When Fluentd is first configured with `in_tail`, it will start reading from the **tail** of that log, not the beginning. Once the log is rotated, Fluentd starts reading the new file from the beginning. It keeps track of the current inode number.

If `td-agent` restarts, it resumes reading from the last position before the restart. This position is recorded in the position file specified by the `pos_file` parameter.

### Linux Capability

Since v1.12.0, `in_tail` handles the following Linux capabilities if Fluentd's Linux capability handling module is enabled:

* `CAP_DAC_READ_SEARCH` (`:dac_read_search` on `in_tail` code.)
* `CAP_DAC_OVERRIDE` (`:dac_override` on `in_tail` code.)

## Plugin Helpers

* [`timer`](https://docs.fluentd.org/plugin-helper-overview/api-plugin-helper-timer)
* [`event_loop`](https://docs.fluentd.org/plugin-helper-overview/api-plugin-helper-event_loop)
* [`parser`](https://docs.fluentd.org/plugin-helper-overview/api-plugin-helper-parser)
* [`compat_parameters`](https://docs.fluentd.org/plugin-helper-overview/api-plugin-helper-compat_parameters)

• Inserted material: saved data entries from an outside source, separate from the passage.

// Drives both stores with the steps of its input and prints what each of them answers.
//
// A line of the input has words with a blank between them:
//
//     length N              whether a table may have so many places: 0, or the number of a refusal
//     tables SLOTS ENTRIES  new stores over a table of so many slots and one of so many entries
//     put KEY               puts a life, whose time is the number of the step
//     find KEY
//     remove KEY
//     empty
//
// A key is a kind, an id, a contract number and a side, as in `TRD a 1 B`, and then, if they are
// not `XBIL` and `A0000000A.EU`, a venue and a participant. The lines that follow a `tables`, up to
// the next `tables` or `length`, are steps, and are numbered from 1. Any other line is passed over.
#![tactic(auto)]

mod steps;

use chained::{Chained, Slot};
use life::{Key, Life, NoRoom, Store, TableFault};
use ordered::{Entry, Ordered};
use std::io::{Read, Write};
use std::{fmt, io};
use steps::{Step, first_word, is_about_tables, number_of};
use text::{Kind, Side};

// What a store answered.
#[derive(Clone, Copy, Drop)]
enum Said {
    Found(Option<u32>),
    Put(Result<(), NoRoom>),
    Done,
}

impl fmt::Display for Said {
    fn fmt<W: fmt::Write>(&self, f: &mut fmt::Formatter<W>) -> fmt::Result {
        match *self {
            Said::Found(Some(time)) => write!(f, "life of {time}"),
            Said::Found(None) => write!(f, "none"),
            Said::Put(Ok(())) => write!(f, "put"),
            Said::Put(Err(NoRoom)) => write!(f, "full"),
            Said::Done => write!(f, "done"),
        }
    }
}

// The step's answer. A life that is put has this time.
fn answer<S: Store>(store: &mut S, step: &Step, time: u32) -> Said {
    match *step {
        Step::Put(key) => Said::Put(store.put(&key, Life::new(time, 100, None).unwrap())),
        Step::Find(key) => Said::Found(store.find(&key).map(|life| life.time)),
        Step::Remove(key) => {
            store.remove(&key);
            Said::Done
        }
        Step::Empty => {
            store.empty();
            Said::Done
        }
    }
}

fn drive<C: Store, O: Store>(
    rt: HostRuntime,
    chained: &mut C,
    ordered: &mut O,
    lines: &[&[u8]],
) -> io::Result<()> {
    let slots = chained.capacity();
    let entries = ordered.capacity();
    println!(rt; "capacity: {slots}, {entries}")?;
    for (number, line) in (1..).zip(lines) {
        if let Some(step) = Step::of(line) {
            let c = answer(chained, &step, number);
            let o = answer(ordered, &step, number);
            print!(rt; "{number} ")?;
            rt.stdout().write_all(line)?;
            println!(rt; ": {c}, {o}")?;
        }
    }
    Ok(())
}

// New stores over tables of such lengths. What a table holds before does not matter.
fn drive_over(rt: HostRuntime, lengths: &[u8], lines: &[&[u8]]) -> io::Result<()> {
    let (slots, entries) = first_word(lengths);
    let (Some(slots), Some(entries)) = (number_of(slots), number_of(entries)) else {
        return Ok(());
    };
    let key = Key::new(Kind::Order, b"x", 0, b"XBIL", b"A0000000A.EU", Side::Buy).unwrap();
    let life = Life::new(0, 0, None).unwrap();
    let mut slots = vec![in rt.alloc(); Slot {
        head: 7,
        next: 9,
        key,
        life
    }; slots]?;
    let mut entries = vec![in rt.alloc(); Entry { key, life }; entries]?;
    let mut chained = Chained::new(&mut slots);
    let mut ordered = Ordered::new(&mut entries);
    drive(rt, &mut chained, &mut ordered, lines)
}

// 0 for no fault, as it is printed.
fn refusal(checked: Result<(), TableFault>) -> u8 {
    checked.err().map_or(0, |fault| fault.number())
}

fn check_length(rt: HostRuntime, length: &[u8]) -> io::Result<()> {
    let Some(n) = number_of(length) else {
        return Ok(());
    };
    let c = refusal(Chained::check(n));
    let o = refusal(Ordered::check(n));
    println!(rt; "length {n}: {c}, {o}")
}

fn main(rt: HostRuntime) -> io::Result<()> {
    let mut input = Vec::new(rt.alloc());
    rt.stdin().read_to_end(&mut input)?;
    let mut lines = Vec::new(rt.alloc());
    for line in input.split_inclusive(|b| *b == b'\n') {
        lines.push(line.strip_suffix(b"\n").unwrap_or(line))?;
    }
    for part in lines.chunk_by(|_, next| !is_about_tables(next)) {
        if let [first, steps @ ..] = part {
            match first_word(first) {
                (b"length", length) => check_length(rt, length)?,
                (b"tables", lengths) => drive_over(rt, lengths, steps)?,
                _ => {}
            }
        }
    }
    Ok(())
}
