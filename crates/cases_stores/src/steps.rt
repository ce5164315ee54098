// A line of the input as a step.
use life::Key;
use text::{Kind, Side, rest_after, span_to, time_of};

// What is asked of both stores.
#[derive(Clone, Copy)]
pub(crate) enum Step {
    Put(Key),
    Find(Key),
    Remove(Key),
    Empty,
}

// A number of at most ten digits.
pub(crate) fn number_of(word: &[u8]) -> Option<usize> {
    time_of(word).map(|n| n as usize)
}

// The first word of a line, and what follows it.
pub(crate) fn first_word(line: &[u8]) -> (&[u8], &[u8]) {
    let end = span_to(line, b' ');
    (&line[..end], rest_after(line, end))
}

// Whether a line is no step.
pub(crate) fn is_about_tables(line: &[u8]) -> bool {
    let (word, _) = first_word(line);
    matches!(word, b"length" | b"tables")
}

fn key_of(text: &[u8]) -> Option<Key> {
    let mut words = text.split(|b| *b == b' ');
    let kind = Kind::of(words.next()?)?;
    let id = words.next()?;
    let contract = u8::try_from(time_of(words.next()?)?).ok()?;
    let side = Side::of(words.next()?)?;
    let venue = words.next().unwrap_or(b"XBIL");
    let participant = words.next().unwrap_or(b"A0000000A.EU");
    Key::new(kind, id, contract, venue, participant, side)
}

impl Step {
    pub(crate) fn of(line: &[u8]) -> Option<Step> {
        let (act, key) = first_word(line);
        match act {
            b"put" => key_of(key).map(|key| Step::Put(key)),
            b"find" => key_of(key).map(|key| Step::Find(key)),
            b"remove" => key_of(key).map(|key| Step::Remove(key)),
            b"empty" => Some(Step::Empty),
            _ => None,
        }
    }
}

See also: [Linux capability](https://docs.fluentd.org/deployment/linux-capability)

## Parameters

See [Common Parameters](https://docs.fluentd.org/configuration/plugin-common-parameters).

### `@type` (required)

The value must be `tail`.

### `tag`

| type   | default            | version |
| ------ | ------------------ | ------- |
| string | required parameter | 0.14.0  |

The tag of the event.

`*` can be used as a placeholder that expands to the actual file path, replacing `'/'` with `'.'`.

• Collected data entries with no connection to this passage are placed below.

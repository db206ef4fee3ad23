//! NSEC3 records that a search finds (RFC 5155, 3 and 8).
ghost use Rattle.std.specs.Prelude.{◌≡◌, ◌+◌, ◌-◌, ◌*◌, ◌<◌, ◌≤◌, ◌^◌, ◌&&◌, ◌++◌, IfOk, OnOk, Some, length, map, position};
ghost use Rattle.std.specs.List.{count_by, flat_map, list_any};
ghost use Rattle.std.specs.Option.{option_copied};
ghost use Rattle.dns_model.specs.Nsec3Hash.{base32hex_decode as decoded};
ghost use Rattle.dns_rules.specs.ListedTypes.{wildcard_lacks as wildcard_lacks_in};
ghost use Rattle.dns_rules.specs.Nsec3Covering.{covering_number, first_label, is_considered as is_considered_in, nsec3_matches as matches_in};
ghost use Rattle.dns_denial_index.specs.HashParts.{AreHashPlaced, hash_keys, hash_span as hash_span_of, hashes_of, span_between as span_between_in};
ghost use Rattle.dns_denial_index.specs.NsecParts.{numbered};
ghost use Rattle.dns_denial_index.specs.Places.{place_of};

use crate::places::{Placing, Points};
use crate::spans::{Span, SpanTable};
use dns_denial::{is_considered, wildcard_lacks};
use dns_evidence::Steps;
use dns_rdata::{Nsec3Record, base32hex_decode};
use dns_record::{NoMemory, Octets, RecordType};
use std::alloc::Global;
use std::marker::Model;
use std::sync::ledger::Ledger;

/// NSEC3 records, in which the one that covers a hash is found by a search. Contracts see the list of them.
///
/// The records needn't be those of one zone, nor true: a search finds the one that `nsec3_covering` finds in the list.
#[derive(Drop)]
pub struct Nsec3Index {
    nsec3s: Vec<Nsec3Record>,
    /// The owners' hashes and the next ones.
    points: Points,
    /// What lies between the two of each record. Past the places of the points come those of a second lap, in which what goes
    /// past the greatest hash ends.
    table: SpanTable,
}

impl Model for Nsec3Index {
    ghost use Rattle.std.specs.Prelude.{List};
    ghost use Rattle.dns_model.specs.Owned.{OwnedNsec3};
    ghost use Rattle.dns_denial_index.specs.HashParts.{IsNsec3Index};

    ghost Value = { List OwnedNsec3 };

    ghost view = { λ i. i.nsec3s.items };

    ghost invariant = { λ i. IsNsec3Index i.nsec3s.items i.points i.table };
}

// The two hashes of a record.
#[derive(Drop)]
struct HashPair {
    owner: [u8; 20],
    next: [u8; 20],
}

/// What a search finds of a hash.
#[derive(Clone, Copy)]
pub(crate) struct HashFound {
    /// The first record that matches the hash.
    pub(crate) matching: Option<u32>,
    /// The record that covers the hash.
    pub(crate) covering: Option<u32>,
}

impl Nsec3Index {
    /// The index of records. It takes as many comparisons as sorting them does.
    pub fn new(nsec3s: Vec<Nsec3Record>) -> Result<Nsec3Index, NoMemory>
        requires { length nsec3s.items < 2 ^ 32 }
        ensures { IfOk result (λ index. index ≡ nsec3s.items) }
    {
        let alloc = *nsec3s.allocator();
        let Placing { points, places } = Points::placing(keys_in(alloc, nsec3s.as_slice())?)?;
        let spans = spans_of(alloc, &points, places.as_slice(), nsec3s.as_slice())?;
        let table = SpanTable::new(spans, 2 * points.places())?;
        Ok(Nsec3Index {
            nsec3s,
            points,
            table,
        })
    }

    /// The records, in the order in which they were given.
    pub fn records(&self) -> &[Nsec3Record]
        ensures { result.now ≡ self.now }
    {
        self.nsec3s.as_slice()
    }

    /// The number of the record that covers a hash, as `nsec3_covering` finds it in the list. It takes no memory. A step is one
    /// turn of the search, with one comparison of hashes.
    pub fn covering<L: Ledger>(&self, hash: &[u8; 20], steps: &mut Steps<L>) -> Option<u32>
        ensures number { result ≡ covering_number hash.now self.now }
        ensures rises { steps.old ≤ steps.new }
        ensures steps { 2 ^ (steps.new - steps.old) ≤ 4 * length self.now + 1 }
        ensures ticks { count_by is_considered_in self.now < 2 ^ (steps.new - steps.old) }
    {
        self.found(hash, steps).covering
    }

    /// What one search finds of a hash. What isn't covered at its place in the first lap may be at the one in the second.
    pub(crate) fn found<L: Ledger>(&self, hash: &[u8; 20], steps: &mut Steps<L>) -> HashFound
        ensures matching { result.matching ≡ position (matches_in hash.now) self.now }
        ensures covering { result.covering ≡ covering_number hash.now self.now }
        ensures rises { steps.old ≤ steps.new }
        ensures steps { 2 ^ (steps.new - steps.old) ≤ 4 * length self.now + 1 }
        ensures ticks { count_by is_considered_in self.now < 2 ^ (steps.new - steps.old) }
    {
        let place = self.points.place(hash.as_slice(), steps);
        let again = place + self.points.places();
        let matching = self.table.first(place);
        let covering = self.table.counting(place).or(self.table.counting(again));
        HashFound { matching, covering }
    }

    /// The record with a number, where there is one.
    pub(crate) fn numbered(&self, number: Option<u32>) -> Option<&Nsec3Record>
        ensures { option_copied result ≡ numbered self.now number }
    {
        self.nsec3s.get(number? as usize)
    }

    /// Whether some record that matches a wildcard's hash shows that it has no data of the type. After the search for the first
    /// of them all are gone over.
    pub(crate) fn wildcard_denies<L: Ledger>(
        &self,
        wildcard: &[u8; 20],
        record_type: RecordType,
        steps: &mut Steps<L>,
    ) -> bool
        ensures denies { result ≡ list_any (λ nsec3. matches_in wildcard.now nsec3 && wildcard_lacks_in record_type.0 nsec3.fields.types)
            self.now }
        ensures rises { steps.old ≤ steps.new }
        ensures steps { 2 ^ (steps.new - steps.old) ≤ 4 * length self.now + 1 }
    {
        let mut next = self.found(wildcard, steps).matching;
        'matching: while let Some(number) = next {
            if wildcard_lacks(&self.nsec3s[number as usize].type_set(), record_type) {
                return true;
            }
            next = self.table.following(number);
        }
        false
    }

    /// An equal value in memory of its own.
    pub fn try_clone(&self) -> Result<Nsec3Index, NoMemory>
        ensures { IfOk result (λ index. index ≡ self.now) }
    {
        let mut nsec3s = Vec::with_capacity(*self.nsec3s.allocator(), self.nsec3s.len())?;
        for nsec3 in &self.nsec3s {
            nsec3s.push(nsec3.try_clone()?)?;
        }
        Nsec3Index::new(nsec3s)
    }
}

// The hashes of the records that aren't ignored.
fn keys_in(alloc: Global, nsec3s: &[Nsec3Record]) -> Result<Vec<Octets>, NoMemory>
    ensures { IfOk result (λ keys. keys.items ≡ flat_map hash_keys nsec3s.now) }
{
    let mut keys = Vec::with_capacity(alloc, nsec3s.len())?;
    for nsec3 in nsec3s {
        push_hashes(alloc, nsec3, &mut keys)?;
    }
    Ok(keys)
}

// Appends the two hashes of a record, unless it is ignored.
fn push_hashes(alloc: Global, nsec3: &Nsec3Record, keys: &mut Vec<Octets>) -> Result<(), NoMemory>
    ensures { OnOk result (keys.new.items ≡ keys.old.items ++ hash_keys nsec3.now) }
{
    if let Some(both) = hashes(nsec3) {
        keys.push(Octets::from_slice(alloc, both.owner.as_slice())?)?;
        keys.push(Octets::from_slice(alloc, both.next.as_slice())?)?;
    }
    Ok(())
}

// What lies between the hashes of each record, by the places of the hashes of those that aren't ignored. One that is ignored
// starts where no hash is looked up, so that it matches none.
fn spans_of(
    alloc: Global,
    points: &Points,
    places: &[usize],
    nsec3s: &[Nsec3Record],
) -> Result<Vec<Span>, NoMemory>
    requires few { length points.now < 2 ^ 40 }
    requires placed { AreHashPlaced points.now nsec3s.now }
    requires places { places.now ≡ map (place_of points.now) (flat_map hash_keys nsec3s.now) }
    ensures { IfOk result (λ spans. spans.items ≡ map (hash_span_of points.now) nsec3s.now) }
{
    let lap = points.places();
    let mut spans = Vec::with_capacity(alloc, nsec3s.len())?;
    let mut next = 0;
    for nsec3 in nsec3s {
        if !is_considered(nsec3) {
            spans.push(Span { start: lap, end: 0 })?;
            continue;
        }
        spans.push(span_between(places[next], places[next + 1], lap))?;
        next += 2;
    }
    Ok(spans)
}

// What lies between two places. It ends in the second lap, where it goes past the greatest hash.
fn span_between(start: usize, end: usize, lap: usize) -> Span
    requires { end + lap < 2 ^ 64 }
    ensures { result ≡ span_between_in start end lap }
{
    let end = if start < end { end } else { end + lap };
    Span { start, end }
}

// The two hashes of a record; `None` where it is ignored.
fn hashes(nsec3: &Nsec3Record) -> Option<HashPair>
    ensures { result ≡ hashes_of nsec3.now }
{
    if !is_considered(nsec3) {
        return None;
    }
    match (owner_hash(nsec3), next_hash(nsec3)) {
        (Some(owner), Some(next)) => Some(HashPair { owner, next }),
        _ => None,
    }
}

// The hash that the owner's first label is; `None` where it is none.
fn owner_hash(nsec3: &Nsec3Record) -> Option<[u8; 20]>
    ensures { result ≡ decoded (first_label nsec3.now.owner) }
{
    match nsec3.owner.borrowed().split_first() {
        Some((label, _)) => base32hex_decode(label),
        None => None,
    }
}

// The next hash; `None` where it hasn't 20 bytes.
fn next_hash(nsec3: &Nsec3Record) -> Option<[u8; 20]>
    requires { length nsec3.now.fields.next ≡ 20 }
    ensures { result ≡ Some nsec3.now.fields.next }
{
    let (hash, _) = nsec3.next.as_slice().split_first_chunk::<20>()?;
    Some(*hash)
}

With the following configuration:

```
path /path/to/file
tag foo.*
```

`in_tail` emits the parsed events with the `foo.path.to.file` tag.

### `path`

| type   | default            | version |
| ------ | ------------------ | ------- |
| string | required parameter | 0.14.0  |

The path(s) to read. Multiple paths can be specified, separated by comma `','`.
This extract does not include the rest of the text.